Recommended Workflow
- Validate the request against the skill boundary and confirm all required inputs are present.
- Select the documented execution path and prefer the simplest supported command or procedure.
- Produce the expected output using the documented file format, schema, or narrative structure.
- Run a final validation pass for completeness, consistency, and safety before returning the result.
Output Contract
- Return a structured deliverable that is directly usable without reformatting.
- If a file is produced, prefer a deterministic output name such as
unless the skill documentation defines a better convention.html_to_pdf_result.md - Include a short validation summary describing what was checked, what assumptions were made, and any remaining limitations.
Validation and Safety Rules
- Validate required inputs before execution and stop early when mandatory fields or files are missing.

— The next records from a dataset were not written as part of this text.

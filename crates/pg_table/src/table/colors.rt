//! Colours of the cells of an entity, and grounds, which fill cells.

ghost use Rattle.std.specs.Prelude.{◌≡◌, ◌==◌, ◌&&◌, ◌+◌, min, nat_le, nat_lt, length, Some, Err, IfOk, OnOk};
ghost use Rattle.pg_layout.specs.declared.position.Position.{Position};
ghost use Rattle.pg_layout.specs.Position.{holds};
ghost use Rattle.pg_layout.specs.Terminal.{color_texts};
ghost use Rattle.pg_table.specs.Coloring.{AreColored, is_cell_of, is_cell_striped, is_inside, with_ground, with_stripe, with_stripes};
ghost use Rattle.pg_table.specs.Even.{IsNarrowLook};

use crate::fault::TableFault;
use crate::table::Table;
use crate::table::lines::line_behind;
use pg_config::SpannedConfig;
use pg_layout::{ANSIBuf, Color, ColorsMap, Entity, Position, Sides};
use std::alloc::{AllocError, Allocator};
use std::convert::AsStr;
use std::ops::Range;

impl<T: AsStr + Drop, A: Allocator + Copy> Table<T, A> {
    /// The table with the texts of an entity's cells in this colour, in place of any that they had:
    /// for each cell the latest call counts.
    ///
    /// Allocates for each cell. After an error the table is dropped.
    ///
    /// ```text
    /// let table = table.with_color(alloc, Entity::Row(0), Color::yellow().bold())?;
    /// ```
    pub fn with_color(
        mut self,
        alloc: A,
        entity: Entity,
        color: Color,
    ) -> Result<Table<T, A>, TableFault>
        ensures colors { IfOk result (λ table. AreColored (is_cell_of entity self.rows) (color_texts color) self.colors table.colors) }
        ensures others { IfOk result (λ table. table ≡ record self { colors = table.colors }) }
        ensures memory { (fault : TableFault) → result ≡ Err fault → fault ≡ TableFault.Memory }
        ensures narrow { IsNarrowLook self.config → IfOk result (λ table. IsNarrowLook table.config) }
    {
        let set = self.color_cells(alloc, entity, color);
        self.if_set(set)
    }

    /// The table with an entity's cells filled by this colour, mostly a background: their texts, the
    /// room beside them and their paddings. Lines between cells aren't filled.
    ///
    /// It replaces the colours that they had. Allocates for each cell. After an error the table is
    /// dropped.
    ///
    /// ```text
    /// let table = table.with_ground(alloc, Entity::Cell(2, 1), Color::plain().on_red())?;
    /// ```
    pub fn with_ground(
        mut self,
        alloc: A,
        entity: Entity,
        color: Color,
    ) -> Result<Table<T, A>, TableFault>
        ensures config { IfOk result (λ table. table.config ≡ with_ground entity (color_texts color) self.config) }
        ensures colors { IfOk result (λ table. AreColored (is_cell_of entity self.rows) (color_texts color) self.colors table.colors) }
        ensures rows { IfOk result (λ table. table.rows ≡ self.rows) }
        ensures memory { (fault : TableFault) → result ≡ Err fault → fault ≡ TableFault.Memory }
        ensures narrow { IsNarrowLook self.config → IfOk result (λ table. IsNarrowLook table.config) }
    {
        let set = self.lay_ground(alloc, entity, color);
        self.if_set(set)
    }

    /// The table with every `step`-th row filled by this colour, from row `first` on, as
    /// [`Table::with_ground`] fills it. A step of 0 is one of 1.
    ///
    /// ```text
    /// let table = table.with_stripes(alloc, 2, 2, Color::plain().on(Hue::Palette(236)))?;
    /// ```
    pub fn with_stripes(
        mut self,
        alloc: A,
        first: usize,
        step: usize,
        color: Color,
    ) -> Result<Table<T, A>, TableFault>
        ensures config { IfOk result (λ table. table.config ≡ with_stripes first step (color_texts color) (length self.rows) self.config) }
        ensures colors { IfOk result (λ table. AreColored (is_cell_striped first step self.rows) (color_texts color) self.colors table.colors) }
        ensures rows { IfOk result (λ table. table.rows ≡ self.rows) }
        ensures memory { (fault : TableFault) → result ≡ Err fault → fault ≡ TableFault.Memory }
        ensures narrow { IsNarrowLook self.config → IfOk result (λ table. IsNarrowLook table.config) }
    {
        let set = self.lay_stripes(alloc, first, step, color);
        self.if_set(set)
    }

    // Fills every `step`-th row, or some of them if memory is refused.
    fn lay_stripes(
        &mut self,
        alloc: A,
        first: usize,
        step: usize,
        color: Color,
    ) -> Result<(), AllocError>
        ensures config { OnOk result (self.new.config ≡ with_stripes first step (color_texts color) (length self.old.rows) self.old.config) }
        ensures colors { OnOk result (AreColored (is_cell_striped first step self.old.rows) (color_texts color) self.old.colors self.new.colors) }
        ensures rows { self.new.rows ≡ self.old.rows }
    {
        for row in 0..self.count_rows() {
            self.lay_stripe(alloc, first, step, row, color)?;
        }
        Ok(())
    }

    // Fills a row if it is one of every `step`-th, or a part of it if memory is refused.
    fn lay_stripe(
        &mut self,
        alloc: A,
        first: usize,
        step: usize,
        row: usize,
        color: Color,
    ) -> Result<(), AllocError>
        ensures config { OnOk result (self.new.config ≡ with_stripe first step (color_texts color) self.old.config row) }
        ensures colors { OnOk result (AreColored (λ p. (p.row == row) && is_cell_striped first step self.old.rows p) (color_texts color) self.old.colors self.new.colors) }
        ensures rows { self.new.rows ≡ self.old.rows }
    {
        if row < first || (row - first) % step.max(1) != 0 {
            return Ok(());
        }
        self.lay_ground(alloc, Entity::Row(row), color)
    }

    // Fills an entity's cells, or a part of them if memory is refused.
    fn lay_ground(&mut self, alloc: A, entity: Entity, color: Color) -> Result<(), AllocError>
        ensures config { OnOk result (self.new.config ≡ with_ground entity (color_texts color) self.old.config) }
        ensures colors { OnOk result (AreColored (is_cell_of entity self.old.rows) (color_texts color) self.old.colors self.new.colors) }
        ensures rows { self.new.rows ≡ self.old.rows }
    {
        set_ground(&mut self.config, alloc, entity, color)?;
        self.color_cells(alloc, entity, color)
    }

    // Colours the texts of an entity's cells, or of some of them if memory is refused.
    fn color_cells(&mut self, alloc: A, entity: Entity, color: Color) -> Result<(), AllocError>
        ensures colors { OnOk result (AreColored (is_cell_of entity self.old.rows) (color_texts color) self.old.colors self.new.colors) }
        ensures others { self.new ≡ record self.old { colors = self.new.colors } }
    {
        let (rows, columns) = self.size();
        let (rows, columns) = cells_of(entity, rows, columns);
        color_rows(alloc, &mut self.colors, &rows, &columns, color)
    }
}

// The rows and the columns of an entity's cells, of so many of both.
fn cells_of(entity: Entity, rows: usize, columns: usize) -> (Range<usize>, Range<usize>)
    ensures { (p : Position) → ((nat_le result.0.start p.row && nat_lt p.row result.0.end) && (nat_le result.1.start p.col && nat_lt p.col result.1.end))
        ≡ (holds entity p && is_inside rows columns p) }
{
    match entity {
        Entity::Global => (0..rows, 0..columns),
        Entity::Row(row) => (one_of(row, rows), 0..columns),
        Entity::Column(column) => (0..rows, one_of(column, columns)),
        Entity::Cell(row, column) => (one_of(row, rows), one_of(column, columns)),
    }
}

// One of so many rows or columns, if it is one of them.
fn one_of(place: usize, count: usize) -> Range<usize>
    ensures start { result.start ≡ place }
    ensures end { result.end ≡ min count (place + 1) }
{
    place..line_behind(place, count)
}

// Colours the cells of these rows and columns, or some of them if memory is refused.
fn color_rows<A: Allocator + Copy>(
    alloc: A,
    colors: &mut ColorsMap<A>,
    rows: &Range<usize>,
    columns: &Range<usize>,
    color: Color,
) -> Result<(), AllocError>
    ensures { OnOk result (AreColored (λ p. (nat_le rows.now.start p.row && nat_lt p.row rows.now.end) && (nat_le columns.now.start p.col && nat_lt p.col columns.now.end))
        (color_texts color) colors.old colors.new) }
{
    for row in rows.start..rows.end {
        color_row(alloc, colors, row, columns, color)?;
    }
    Ok(())
}

// Colours the cells of a row in these columns, or some of them if memory is refused.
fn color_row<A: Allocator + Copy>(
    alloc: A,
    colors: &mut ColorsMap<A>,
    row: usize,
    columns: &Range<usize>,
    color: Color,
) -> Result<(), AllocError>
    ensures { OnOk result (AreColored (λ p. (p.row == row) && (nat_le columns.now.start p.col && nat_lt p.col columns.now.end)) (color_texts color) colors.old colors.new) }
{
    for column in columns.start..columns.end {
        let texts = color.to_ansi(alloc)?;
        colors.set(Position::new(row, column), texts)?;
    }
    Ok(())
}

// Colours the paddings of an entity's cells and the room beside their texts, or some of that if memory is refused.
fn set_ground<A: Allocator + Copy>(
    config: &mut SpannedConfig<A>,
    alloc: A,
    entity: Entity,
    color: Color,
) -> Result<(), AllocError>
    ensures { OnOk result (config.new ≡ with_ground entity (color_texts color) config.old) }
{
    let sides = sides_of(alloc, color)?;
    config.set_padding_color(entity, sides)?;
    let beside = color.to_ansi(alloc)?;
    config.set_justification_color(entity, Some(beside))
}

// This colour at each side.
fn sides_of<A: Allocator + Copy>(
    alloc: A,
    color: Color,
) -> Result<Sides<Option<ANSIBuf<A>>>, AllocError>
    ensures { IfOk result (λ sides. sides ≡ record { left = Some (color_texts color); right = Some (color_texts color); top = Some (color_texts color); bottom = Some (color_texts color) }) }
{
    let left = color.to_ansi(alloc)?;
    let right = color.to_ansi(alloc)?;
    let top = color.to_ansi(alloc)?;
    let bottom = color.to_ansi(alloc)?;
    Ok(Sides::new(Some(left), Some(right), Some(top), Some(bottom)))
}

- Do not fabricate measurements, references, findings, or conclusions that are not supported by the provided source material.
- Emit a clear warning when credentials, privacy constraints, safety boundaries, or unsupported requests affect the result.

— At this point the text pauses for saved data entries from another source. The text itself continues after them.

//! Titles over the lines of a table.

ghost use Rattle.std.specs.Prelude.{◌≡◌, ◌==◌, ◌&&◌, not, false, ℕ, List, [], map, chars, encode_utf8, length, Some, None, Err, OnOk, OnErr, IfOk, IsOk, if◌then◌else◌};
ghost use Rattle.pg_layout.specs.declared.alignment.AlignmentHorizontal.{AlignmentHorizontal};
ghost use Rattle.pg_layout.specs.Colors.{Color as Texts};
ghost use Rattle.pg_layout.specs.Records.{columns_of};
ghost use Rattle.pg_layout.specs.Terminal.{color_texts};
ghost use Rattle.pg_layout.specs.Text.{width_of};
ghost use Rattle.pg_config.specs.Config.{has_horizontal};
ghost use Rattle.pg_table.specs.OwnRows.{captioned, own_sizes, own_sizes_fault, titled, titled_at, titled_in};
ghost use Rattle.pg_table.specs.declared.sizes.Axis.TheVariants.{Columns};
ghost use Rattle.pg_table.specs.Panels.{title_glyph, title_room, title_start, with_title_color, with_title_glyphs};

use crate::fault::TableFault;
use crate::table::Table;
use pg_config::SpannedConfig;
use pg_layout::{ANSIBuf, AlignmentHorizontal, Color, ConstantDimension, get_line_width};
use pg_picture::calculate_indent;
use std::alloc::{AllocError, Allocator};
use std::convert::AsStr;

impl<T: AsStr + Drop, A: Allocator + Copy> Table<T, A> {
    /// Puts a title over the glyphs of row line `row`, where 0 is the line above row 0, between the
    /// first column line and the last one: at the left, at the right or in the middle, at the
    /// columns' current widths. A title that is too long is cut there.
    ///
    /// A line feed, or a character that doesn't take one column, becomes `�`. A line that doesn't
    /// exist gets no title, and what a merged cell hides of a line stays hidden. Call it last: a
    /// later text or setting doesn't move the title.
    ///
    /// The error is that of the natural sizes ([`Table::natural_dimension`]), or `Memory`; then
    /// nothing changes. An empty title, or one over a line that doesn't exist, allocates nothing.
    ///
    /// ```text
    /// table.set_title(alloc, 0, "Orders", AlignmentHorizontal::Center)?; // ╭─Orders─╮
    /// ```
    pub fn set_title(
        &mut self,
        alloc: A,
        row: usize,
        title: &str,
        side: AlignmentHorizontal,
    ) -> Result<(), TableFault>
        ensures ok { OnOk result (self.new ≡ titled row side title.now T.text self.old) }
        ensures err { OnErr result (self.new ≡ self.old) }
        ensures fault { (fault : TableFault) → own_sizes_fault T.text self.old ≡ Some fault → result ≡ Err fault }
        ensures memory { (fault : TableFault) → own_sizes_fault T.text self.old ≡ None → result ≡ Err fault → fault ≡ TableFault.Memory }
        ensures empty { title.now ≡ [] → own_sizes_fault T.text self.old ≡ None → IsOk result }
        ensures absent { has_horizontal self.old.config row (length self.old.rows) ≡ false → own_sizes_fault T.text self.old ≡ None → IsOk result }
    {
        if !self.shows_title(row, title) {
            return match self.sizes_fault() {
                Some(fault) => Err(fault),
                None => Ok(()),
            };
        }
        let dimension = self.natural_dimension(alloc)?;
        match self.set_title_at(alloc, row, title, side, &dimension) {
            Ok(()) => Ok(()),
            Err(error) => Err(error.into()),
        }
    }

    // Whether a title over row line `row` is seen: it has a character, and the line exists.
    #[tactic(auto, using(crate::proofs::StraightTables::untitled_lines))]
    fn shows_title(&self, row: usize, title: &str) -> bool
        ensures same { result ≡ false → (side : AlignmentHorizontal) (widths : List ℕ) → titled_at row side title.now widths self.now ≡ self.now }
        ensures colorless { result ≡ false → (side : AlignmentHorizontal) (color : Texts) (widths : List ℕ) → titled_in color row side title.now widths self.now ≡ self.now }
        ensures empty { title.now ≡ [] → result ≡ false }
        ensures absent { has_horizontal self.now.config row (length self.now.rows) ≡ false → result ≡ false }
    {
        if title.is_empty() {
            return false;
        }
        self.config.has_horizontal(row, self.count_rows())
    }

    /// Puts a title over row line `row` ([`Table::set_title`]) where columns have these widths, such
    /// as those of a table within a width.
    ///
    /// If memory is refused, nothing changes. An empty title, or one over a line that doesn't exist,
    /// allocates nothing.
    ///
    /// ```text
    /// let sizes = table.within(alloc, 40, how)?.natural_dimension(alloc)?;
    /// table.set_title_at(alloc, 0, "Orders", AlignmentHorizontal::Left, &sizes)?;
    /// table.within(alloc, 40, how)?.print(alloc, &mut buf)?;
    /// ```
    pub fn set_title_at<B: Allocator>(
        &mut self,
        alloc: A,
        row: usize,
        title: &str,
        side: AlignmentHorizontal,
        dimension: &ConstantDimension<B>,
    ) -> Result<(), AllocError>
        ensures ok { OnOk result (self.new ≡ titled_at row side title.now dimension.now.0.items self.old) }
        ensures err { OnErr result (self.new ≡ self.old) }
        ensures empty { title.now ≡ [] → IsOk result }
        ensures absent { has_horizontal self.old.config row (length self.old.rows) ≡ false → IsOk result }
    {
        if self.shows_title(row, title) {
            let glyphs = title_glyphs(alloc, title)?;
            return self.set_title_glyphs(alloc, row, side, dimension, &glyphs);
        }
        Ok(())
    }

    // Puts the glyphs of a title over row line `row`, for columns of these widths.
    fn set_title_glyphs<B: Allocator>(
        &mut self,
        alloc: A,
        row: usize,
        side: AlignmentHorizontal,
        dimension: &ConstantDimension<B>,
        glyphs: &[char],
    ) -> Result<(), AllocError>
        ensures ok { OnOk result (self.new ≡ record self.old {
          config = with_title_glyphs row side glyphs.now dimension.now.0.items (length self.old.rows) (columns_of self.old.rows) self.old.config;
        }) }
        ensures err { OnErr result (self.new ≡ self.old) }
    {
        let size = self.size();
        let start = title_start(&self.config, size.1, &dimension.0, side, glyphs.len());
        self.config
            .set_line_glyphs(alloc, row, size, dimension, start, glyphs)
    }

    /// Puts a caption over the line below the last row, as [`Table::set_title`] puts a title.
    ///
    /// ```text
    /// table.set_caption(alloc, "2 items", AlignmentHorizontal::Right)?; // ╰──2 items╯
    /// ```
    pub fn set_caption(
        &mut self,
        alloc: A,
        caption: &str,
        side: AlignmentHorizontal,
    ) -> Result<(), TableFault>
        ensures ok { OnOk result (self.new ≡ captioned side caption.now T.text self.old) }
        ensures err { OnErr result (self.new ≡ self.old) }
        ensures fault { (fault : TableFault) → own_sizes_fault T.text self.old ≡ Some fault → result ≡ Err fault }
        ensures memory { (fault : TableFault) → own_sizes_fault T.text self.old ≡ None → result ≡ Err fault → fault ≡ TableFault.Memory }
        ensures empty { caption.now ≡ [] → own_sizes_fault T.text self.old ≡ None → IsOk result }
    {
        let below = self.count_rows();
        self.set_title(alloc, below, caption, side)
    }

    /// Puts a caption over the line below the last row of a table by value ([`Table::set_caption`]).
    /// After an error the table is dropped.
    ///
    /// ```text
    /// let table = table.with_caption(alloc, "2 items", AlignmentHorizontal::Right)?;
    /// ```
    pub fn with_caption(
        self,
        alloc: A,
        caption: &str,
        side: AlignmentHorizontal,
    ) -> Result<Table<T, A>, TableFault>
        ensures ok { IfOk result (λ table. table ≡ captioned side caption.now T.text self) }
        ensures fault { (fault : TableFault) → own_sizes_fault T.text self ≡ Some fault → result ≡ Err fault }
        ensures memory { (fault : TableFault) → own_sizes_fault T.text self ≡ None → result ≡ Err fault → fault ≡ TableFault.Memory }
        ensures empty { caption.now ≡ [] → own_sizes_fault T.text self ≡ None → IsOk result }
    {
        let below = self.count_rows();
        self.with_title(alloc, below, caption, side)
    }

    /// Puts a title over row line `row` of a table by value ([`Table::set_title`]). After an error
    /// the table is dropped.
    ///
    /// ```text
    /// let table = table.with_title(alloc, 0, "Orders", AlignmentHorizontal::Left)?;
    /// ```
    pub fn with_title(
        mut self,
        alloc: A,
        row: usize,
        title: &str,
        side: AlignmentHorizontal,
    ) -> Result<Table<T, A>, TableFault>
        ensures ok { IfOk result (λ table. table ≡ titled row side title.now T.text self) }
        ensures fault { (fault : TableFault) → own_sizes_fault T.text self ≡ Some fault → result ≡ Err fault }
        ensures memory { (fault : TableFault) → own_sizes_fault T.text self ≡ None → result ≡ Err fault → fault ≡ TableFault.Memory }
        ensures empty { title.now ≡ [] → own_sizes_fault T.text self ≡ None → IsOk result }
        ensures absent { has_horizontal self.config row (length self.rows) ≡ false → own_sizes_fault T.text self ≡ None → IsOk result }
    {
        match self.set_title(alloc, row, title, side) {
            Ok(()) => Ok(self),
            Err(fault) => Err(fault),
        }
    }

    /// Puts a title in this colour over row line `row` of a table by value ([`Table::set_title`]): its
    /// columns of the line get the colour. After an error the table is dropped.
    ///
    /// ```text
    /// let table = table.with_colored_title(alloc, 0, "Orders", AlignmentHorizontal::Left, Color::red())?;
    /// ```
    pub fn with_colored_title(
        self,
        alloc: A,
        row: usize,
        title: &str,
        side: AlignmentHorizontal,
        color: Color,
    ) -> Result<Table<T, A>, TableFault>
        ensures ok { IfOk result (λ table. table ≡ titled_in (color_texts color) row side title.now (own_sizes Columns T.text self) self) }
        ensures fault { (fault : TableFault) → own_sizes_fault T.text self ≡ Some fault → result ≡ Err fault }
        ensures memory { (fault : TableFault) → own_sizes_fault T.text self ≡ None → result ≡ Err fault → fault ≡ TableFault.Memory }
        ensures empty { title.now ≡ [] → own_sizes_fault T.text self ≡ None → IsOk result }
        ensures absent { has_horizontal self.config row (length self.rows) ≡ false → own_sizes_fault T.text self ≡ None → IsOk result }
    {
        if self.shows_title(row, title) {
            let dimension = self.natural_dimension(alloc)?;
            return Ok(self.with_colored_title_at(alloc, row, title, side, &dimension, color)?);
        }
        match self.sizes_fault() {
            Some(fault) => Err(fault),
            None => Ok(self),
        }
    }

    /// Puts a title in this colour over row line `row` of a table by value where columns have these
    /// widths ([`Table::set_title_at`]), such as those of a table within a width. After an error the
    /// table is dropped.
    ///
    /// ```text
    /// let sizes = table.within(alloc, 40, how)?.natural_dimension(alloc)?;
    /// let side = AlignmentHorizontal::Left;
    /// let table = table.with_colored_title_at(alloc, 0, "Orders", side, &sizes, Color::red())?;
    /// ```
    pub fn with_colored_title_at<B: Allocator>(
        mut self,
        alloc: A,
        row: usize,
        title: &str,
        side: AlignmentHorizontal,
        dimension: &ConstantDimension<B>,
        color: Color,
    ) -> Result<Table<T, A>, AllocError>
        ensures ok { IfOk result (λ table. table ≡ titled_in (color_texts color) row side title.now dimension.now.0.items self) }
        ensures empty { title.now ≡ [] → IsOk result }
        ensures absent { has_horizontal self.config row (length self.rows) ≡ false → IsOk result }
    {
        let is_shown = self.shows_title(row, title);
        if !is_shown {
            return Ok(self);
        }
        let color = color.to_ansi(alloc)?;
        let count = title.chars().count();
        self.color_title(alloc, row, side, dimension, count, &color)?;
        self.set_title_at(alloc, row, title, side, dimension)?;
        Ok(self)
    }

    // Colours the columns of a title of so many characters over row line `row`.
    #[tactic(auto, unfolding(crate::specs::Panels::with_title_color))]
    fn color_title<B: Allocator>(
        &mut self,
        alloc: A,
        row: usize,
        side: AlignmentHorizontal,
        dimension: &ConstantDimension<B>,
        count: usize,
        color: &ANSIBuf<A>,
    ) -> Result<(), AllocError>
        ensures ok { OnOk result (self.new ≡ record self.old {
          config = with_title_color row side count color.now dimension.now.0.items (length self.old.rows) (columns_of self.old.rows) self.old.config;
        }) }
        ensures err { OnErr result (self.new ≡ self.old) }
    {
        let (rows, columns) = self.size();
        let start = title_start(&self.config, columns, &dimension.0, side, count);
        self.config.set_line_color(alloc, row, (rows, columns), dimension, start, count, color)
    }
}

fn title_glyph(c: char) -> char
    ensures { result ≡ title_glyph c }
{
    let mut bytes = [0; 4];
    if c != '\n' && get_line_width(c.encode_utf8(&mut bytes)) == 1 {
        c
    } else {
        '�'
    }
}

// The glyphs for the characters of a title.
fn title_glyphs<A: Allocator>(alloc: A, title: &str) -> Result<Vec<char, A>, AllocError>
    ensures { IfOk result (λ glyphs. glyphs.items ≡ map title_glyph (chars title.now)) }
{
    let glyphs = title.chars().map(|c| title_glyph(c)).collect(alloc)?;
    Ok(glyphs)
}

// How many columns a row line has between the first column line and the last one, at most
// `usize::MAX`.
fn title_room<A: Allocator>(config: &SpannedConfig<A>, columns: usize, widths: &[usize]) -> usize
    ensures { result ≡ title_room config.now widths.now columns }
{
    let mut room = config.count_verticals(1, columns.saturating_sub(1), columns);
    for width in widths {
        room = room.saturating_add(*width);
    }
    room
}

fn title_start<A: Allocator>(
    config: &SpannedConfig<A>,
    columns: usize,
    widths: &[usize],
    side: AlignmentHorizontal,
    count: usize,
) -> usize
    ensures { result ≡ title_start side count (title_room config.now widths.now columns) }
{
    let room = title_room(config, columns, widths);
    let (left, _) = calculate_indent(side, count.min(room), room);
    left
}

- Keep the output safe, reproducible, and within the documented scope at all times.
Failure Handling
- If validation fails, explain the exact missing field, file, or parameter and show the minimum fix required.
- If an external dependency or script fails, surface the command path, likely cause, and the next recovery step.
- If partial output is returned, label it clearly and identify which checks could not be completed.
Quick Validation
Run this minimal verification path before full execution when possible:
No local script validation step is required for this skill.
Expected output format:
Result file: html_to_pdf_result.md Validation summary: PASS/FAIL with brief notes Assumptions: explicit list if any
Deterministic Output Rules
- Use the same section order for every supported request of this skill.
- Keep output field names stable and do not rename documented keys across examples.
- If a value is unavailable, emit an explicit placeholder instead of omitting the field.
Completion Checklist
- Confirm all required inputs were present and valid.
- Confirm the supported execution path completed without unresolved errors.
- Confirm the final deliverable matches the documented format exactly.
- Confirm assumptions, limitations, and warnings are surfaced explicitly.